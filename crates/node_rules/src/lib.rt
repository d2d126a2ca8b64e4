//! What is found for a term from what is found for its parts, form by form.
//!
//! No function here walks a term: each takes the judgements of the parts and gives that of the whole. What each
//! computes stands in `specs/`, a file a subject.
#![tactic(auto)]

pub mod calls;
pub mod folders;
pub mod functions;
pub mod guards;
pub mod lets;
pub mod names;
pub mod operations;
pub mod records;

pub use calls::{Fit, Past, of_call, starts, with_con_item, with_guard_item, with_term_item};
pub use folders::of_folder;
pub use functions::{of_ascribed, of_body, of_fn_con};
pub use guards::{guard_sides, of_assuming};
pub use lets::{Found, and_then_found, none_yet, of_let, with_declared};
pub use names::{of_basis, of_built, of_fold, of_foreign, of_number, of_text, of_top, of_variable};
pub use operations::{Operation, of_concat, of_operation};
pub use records::{Row, no_fields_yet, of_fields, with_field};
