//! Calls, item by item.
ghost use Rattle.std.specs.Prelude.{◌≡◌, IfOk, Some};
ghost use Rattle.con_terms.specs.View.{con_tree, kind_tree};
ghost use Rattle.core_terms.specs.View.{maybe_con};
ghost use Rattle.core_typing.specs.Faults.{mismatch as mismatch_at};
ghost use Rattle.core_typing.specs.Own.{any_function, any_guarded, any_poly, is_implicit as implied};
ghost use Rattle.judgements.specs.View.{judged_tree, sc_view};
ghost use Rattle.kind_rules.specs.View.{found};
ghost use Rattle.node_rules.specs.Calls as computed;
ghost use Rattle.node_rules.specs.View.{fit_tree, past_tree};
ghost use Rattle.told_faults.specs.Computed.{function_parts, guarded_parts, poly_parts};
ghost use Rattle.type_faults.specs.View.{maybe_fault};

use con_terms::{Con, Kind, Place};
use core_terms::ConOrigin;
use judgements::{
    Globals, Here, Judged, flaw_at, has_kind, into_normal, meets, other_form, put, wants,
};
use kind_rules::Flaw;
use std::alloc::{AllocError, Global};
use type_faults::{Fault, first};
use type_makers::{arrow, empty_row, guarded, poly};

/// The type behind some items; or none, and what is told of the items. Contracts see it as `fit_tree`.
#[derive(Drop)]
pub enum Fit {
    On(Con),
    Off(Option<Fault>),
}

/// What is behind some items, and what is told of the terms up to there. Contracts see it as `past_tree`.
#[derive(Drop)]
pub struct Past {
    pub fit: Fit,
    pub kids: Option<Fault>,
}

/// Where the items begin.
fn fit_of(t: Option<Con>) -> Fit
    ensures { fit_tree result ≡ computed.fit_of (maybe_con t) }
{
    match t {
        None => Fit::Off(None),
        Some(t) => Fit::On(t),
    }
}

/// Before the items, from what is found for the function.
pub fn starts(j: Judged) -> Past
    ensures { past_tree result ≡ computed.starts (judged_tree j) }
{
    let Judged { ty, told } = j;
    Past {
        fit: fit_of(ty),
        kids: told,
    }
}

/// The type behind an item, unless a fault is told of it.
fn fits_unless(t: Con, own: Option<Fault>) -> Fit
    ensures { fit_tree result ≡ computed.fits_unless (con_tree t) (maybe_fault own) }
{
    match own {
        None => Fit::On(t),
        Some(f) => Fit::Off(Some(f)),
    }
}

/// What is told where a function is wanted.
fn no_function(alloc: Global, g: &Globals, s: &Here, p: Place, n: Con) -> Result<Fit, AllocError>
    ensures { IfOk result
        (λ r. fit_tree r
        ≡ computed.stuck (Some (mismatch_at p (sc_view g.now s.now).called any_function (con_tree n)))) }
{
    let wanted = arrow(alloc, Con::UnitCon, Con::UnitCon)?;
    Ok(Fit::Off(Some(other_form(alloc, g, s, p, wanted, n)?)))
}

/// Behind a term for a parameter of type `u`, where what is behind has type `d`.
fn past_argument(
    alloc: Global,
    g: &Globals,
    s: &Here,
    q: Place,
    u: &Con,
    d: Con,
    c: Option<Con>,
) -> Result<Fit, AllocError>
    ensures { IfOk result
        (λ r. fit_tree r
        ≡ computed.past_argument (sc_view g.now s.now) q (con_tree u.now) (con_tree d) (maybe_con c)) }
{
    match c {
        None => Ok(Fit::Off(None)),
        Some(c) => Ok(fits_unless(d, wants(alloc, g, s, q, u, &c)?)),
    }
}

/// Behind a term, where the function's type has this normal form.
fn past_function(
    alloc: Global,
    g: &Globals,
    s: &Here,
    p: Place,
    q: Place,
    n: Con,
    c: Option<Con>,
) -> Result<Fit, AllocError>
    ensures { IfOk result
        (λ r. fit_tree r ≡ computed.past_function
        (sc_view g.now s.now)
        p
        q
        (con_tree n)
        (function_parts (con_tree n))
        (maybe_con c)) }
{
    match n {
        Con::Arrow(u, d) => past_argument(alloc, g, s, q, &u, Box::into_inner(d), c),
        n => no_function(alloc, g, s, p, n),
    }
}

/// Behind a term of this type, which stands at `q`; the function stands at `p`.
fn past_term(
    alloc: Global,
    g: &Globals,
    s: &Here,
    p: Place,
    q: Place,
    c: Option<Con>,
    fit: Fit,
) -> Result<Fit, AllocError>
    ensures { IfOk result
        (λ r. fit_tree r ≡ computed.past_term (sc_view g.now s.now) p q (maybe_con c) (fit_tree fit)) }
{
    match fit {
        Fit::Off(f) => Ok(Fit::Off(f)),
        Fit::On(t) => match into_normal(alloc, t)? {
            None => Ok(Fit::Off(Some(Fault::TooLarge(p)))),
            Some(n) => past_function(alloc, g, s, p, q, n, c),
        },
    }
}

/// What is told where a function of a constructor is wanted.
fn no_poly(
    alloc: Global,
    g: &Globals,
    s: &Here,
    p: Place,
    implicit: bool,
    n: Con,
) -> Result<Fit, AllocError>
    ensures { IfOk result
        (λ r. fit_tree r
        ≡ computed.stuck (Some (mismatch_at p (sc_view g.now s.now).called (any_poly implicit) (con_tree n)))) }
{
    let wanted = poly(alloc, implicit, Kind::Types, Con::UnitCon)?;
    Ok(Fit::Off(Some(other_form(alloc, g, s, p, wanted, n)?)))
}

/// Behind a constructor, from its kind.
fn past_kind(
    alloc: Global,
    g: &Globals,
    s: &Here,
    q: Place,
    d: &Con,
    c: &Con,
    k: Result<Kind, Flaw>,
) -> Result<Fit, AllocError>
    ensures { IfOk result
        (λ r. fit_tree r
        ≡ computed.past_kind (sc_view g.now s.now) q (con_tree d.now) (con_tree c.now) (found kind_tree k)) }
{
    match k {
        Err(flaw) => Ok(Fit::Off(Some(flaw_at(alloc, g, s, q, flaw)?))),
        Ok(_) => Ok(Fit::On(put(alloc, d, c)?)),
    }
}

/// Whether a constructor stands for an implicit parameter: an inserted one does.
fn is_implicit(o: ConOrigin) -> bool
    ensures { result ≡ implied o }
{
    match o {
        ConOrigin::Written => false,
        ConOrigin::Wild => false,
        ConOrigin::Inserted => true,
    }
}

/// Behind a constructor, where the function's type has this normal form.
fn past_body(
    alloc: Global,
    g: &Globals,
    s: &Here,
    p: Place,
    q: Place,
    o: ConOrigin,
    c: &Con,
    n: Con,
) -> Result<Fit, AllocError>
    ensures { IfOk result
        (λ r. fit_tree r ≡ computed.past_body
        (sc_view g.now s.now)
        p
        q
        o
        (con_tree c.now)
        (con_tree n)
        (poly_parts (con_tree n))) }
{
    match n {
        Con::Poly(_, k, d) => {
            let kind = has_kind(alloc, s, c, &k)?;
            past_kind(alloc, g, s, q, &d, c, kind)
        }
        n => no_poly(alloc, g, s, p, is_implicit(o), n),
    }
}

/// Behind a constructor, which stands at `q`.
fn past_con(
    alloc: Global,
    g: &Globals,
    s: &Here,
    p: Place,
    q: Place,
    o: ConOrigin,
    c: &Con,
    fit: Fit,
) -> Result<Fit, AllocError>
    ensures { IfOk result
        (λ r. fit_tree r ≡ computed.past_con (sc_view g.now s.now) p q o (con_tree c.now) (fit_tree fit)) }
{
    match fit {
        Fit::Off(f) => Ok(Fit::Off(f)),
        Fit::On(t) => match into_normal(alloc, t)? {
            None => Ok(Fit::Off(Some(Fault::TooLarge(p)))),
            Some(n) => past_body(alloc, g, s, p, q, o, c, n),
        },
    }
}

/// What is told where a function of a guard's proof is wanted.
fn no_guard(alloc: Global, g: &Globals, s: &Here, p: Place, n: Con) -> Result<Fit, AllocError>
    ensures { IfOk result
        (λ r. fit_tree r
        ≡ computed.stuck (Some (mismatch_at p (sc_view g.now s.now).called any_guarded (con_tree n)))) }
{
    let left = empty_row(alloc, Kind::Units)?;
    let right = empty_row(alloc, Kind::Units)?;
    let wanted = guarded(alloc, left, right, Con::UnitCon)?;
    Ok(Fit::Off(Some(other_form(alloc, g, s, p, wanted, n)?)))
}

/// Behind a guard's proof, where the function's type has this normal form.
fn past_sides(
    alloc: Global,
    g: &Globals,
    s: &Here,
    p: Place,
    q: Place,
    n: Con,
) -> Result<Fit, AllocError>
    ensures { IfOk result
        (λ r. fit_tree r
        ≡ computed.past_sides (sc_view g.now s.now) p q (con_tree n) (guarded_parts (con_tree n))) }
{
    match n {
        Con::Guarded(c, d, b) => {
            let own = meets(alloc, g, s, q, &c, &d)?;
            Ok(fits_unless(Box::into_inner(b), own))
        }
        n => no_guard(alloc, g, s, p, n),
    }
}

/// Behind a guard's proof, which stands at `q`.
fn past_guard(
    alloc: Global,
    g: &Globals,
    s: &Here,
    p: Place,
    q: Place,
    fit: Fit,
) -> Result<Fit, AllocError>
    ensures { IfOk result
        (λ r. fit_tree r ≡ computed.past_guard (sc_view g.now s.now) p q (fit_tree fit)) }
{
    match fit {
        Fit::Off(f) => Ok(Fit::Off(f)),
        Fit::On(t) => match into_normal(alloc, t)? {
            None => Ok(Fit::Off(Some(Fault::TooLarge(p)))),
            Some(n) => past_sides(alloc, g, s, p, q, n),
        },
    }
}

/// Behind one more term, which stands at `q`; the function stands at `p`.
pub fn with_term_item(
    alloc: Global,
    g: &Globals,
    s: &Here,
    p: Place,
    q: Place,
    j: Judged,
    past: Past,
) -> Result<Past, AllocError>
    ensures { IfOk result
        (λ r. past_tree r
        ≡ computed.with_term_item (sc_view g.now s.now) p q (judged_tree j) (past_tree past)) }
{
    let Judged { ty, told } = j;
    let Past { fit, kids } = past;
    Ok(Past {
        fit: past_term(alloc, g, s, p, q, ty, fit)?,
        kids: first(kids, told),
    })
}

/// Behind one more constructor, which stands at `q`.
pub fn with_con_item(
    alloc: Global,
    g: &Globals,
    s: &Here,
    p: Place,
    q: Place,
    o: ConOrigin,
    c: &Con,
    past: Past,
) -> Result<Past, AllocError>
    ensures { IfOk result
        (λ r. past_tree r
        ≡ computed.with_con_item (sc_view g.now s.now) p q o (con_tree c.now) (past_tree past)) }
{
    let Past { fit, kids } = past;
    Ok(Past {
        fit: past_con(alloc, g, s, p, q, o, c, fit)?,
        kids,
    })
}

/// Behind one more guard's proof, which stands at `q`.
pub fn with_guard_item(
    alloc: Global,
    g: &Globals,
    s: &Here,
    p: Place,
    q: Place,
    past: Past,
) -> Result<Past, AllocError>
    ensures { IfOk result
        (λ r. past_tree r ≡ computed.with_guard_item (sc_view g.now s.now) p q (past_tree past)) }
{
    let Past { fit, kids } = past;
    Ok(Past {
        fit: past_guard(alloc, g, s, p, q, fit)?,
        kids,
    })
}

/// A call, from what is behind its items.
pub fn of_call(past: Past) -> Judged
    ensures { judged_tree result ≡ computed.of_call (past_tree past) }
{
    let Past { fit, kids } = past;
    match fit {
        Fit::On(t) => Judged {
            ty: Some(t),
            told: kids,
        },
        Fit::Off(own) => Judged {
            ty: None,
            told: first(kids, own),
        },
    }
}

+++

• [How to complete this task]:
Only the lines above starting at the line that holds "(λ r. fit_tree r ≡ computed.past_con" and ending at the line that holds "proof is wanted." are to be repeated, exactly and in full.

• [Answer box]:
        (λ r. fit_tree r ≡ computed.past_con (sc_view g.now s.now) p q o (con_tree c.now) (fit_tree fit)) }
{
    match fit {
        Fit::Off(f) => Ok(Fit::Off(f)),
        Fit::On(t) => match into_normal(alloc, t)? {
            None => Ok(Fit::Off(Some(Fault::TooLarge(p)))),
            Some(n) => past_body(alloc, g, s, p, q, o, c, n),
        },
    }
}

/// What is told where a function of a guard's proof is wanted.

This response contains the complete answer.